Almost every artist who climbed aboard the doomed ship CrossGen improved as a result. Mark Alessi was by most reports a nut, but he had a few good ideas, and one of those good ideas was making artists work an eight-hour day at the drawing board, every day. The results, in terms of the post-CrossGen careers of people like Jim Cheung, Aaron Lopresti, Paul Pelletier, and McNiven, speak for themselves. He can be flashy when he wants to be, but he’s got a solid enough grasp of fundamentals to push through fairly ambitious compositions. This book will undoubtedly sell well in collection for some time to come (The Death Of Superman still sells, and Big Blue’s been back for a while now), and McNiven certainly deserves the royalties.
For me, the strongest issue was the fourth. Maybe because it was the simplest issue in terms of the number of characters and settings, it allowed McNiven to focus more on what really matters: Logan getting the tar beaten out of him for 20 pages. The final confrontation with Cornelius, where he cuts his palm and presses it flat against the window, was a great scene. We already knew the stakes, had known the stakes for months in advance, but here was one last reminder that Wolverine wasn’t what he used to be.

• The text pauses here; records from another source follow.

//! The commands that answer with a schedule, and those that tell a plan's levels: `plan`, `avr` and `oa`, `curve` and `report`.
//!
//! It stands on `yds_plan`, `yds_avr`, `yds_oa`, `yds_curve` and `yds_report`, which do the work, and on `yds_answer`, which delivers it. It
//! carries the promise that each writes the answer of the definitions to its question about the document.
#![tactic(auto)]

mod curve;
mod plan;
mod policies;
mod report;
mod report_json;

pub use curve::answer_curve;
pub use plan::answer_plan;
pub use policies::{answer_average_rate, answer_optimal_available};
pub use report::answer_report;
pub use report_json::answer_report_as_json;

McNiven is one of a handful of artists working in superhero comics today who could really sell the subtlety of facial expressions necessary for the scene to work— Wolverine’s satisfaction at realizing he’s defeated Cornelius before the fight even began, and Cornelius’s amused frustration when he sees that he was so focused on his complicated mad science plot that he forget to check the most basic facts. The final splash of metal-coated Wolverine turning into a statue overlooking Paradise Valley is great as well, even if it was an unnoted homage to Marc Silvestri’s cover to Uncanny X-Men #234. (It’s rude when they don’t put in the “after ___” attribution.)
I’m honestly curious to see what the sales on this series are going to be—not that we ever get exact numbers, but the relative amounts should be interesting. Are we talking big sales or blowout sales? The first two issues topped the charts on the same month that DC did its annual gimmick cover month for Futures End, and it should come as no surprise that it did so, especially given the preponderance of alternate covers. According to the gallery in the back of issue #4, there were 10 incentive covers for the first issue alone, which means that regular McNiven-covered issues are probably going to be a staple of 50-cent boxes for years to come.
My gut feeling, though, situated as I am just slightly apart from the daily travails of the Wednesday crowd, is that this wasn’t as big as it could have been. They made a conscious decision to keep the “event” really small, which is remarkable considering the fact that if they had wanted to go that route they could have slapped a Death Of Wolverine logo on half the line for September and gotten away with it. Obviously that’s going to change—has already changed—as the news of his death spreads in-story to the rest of the Marvel Universe, but considering just how crazy the event could have been, this has been positively restrained in comparison.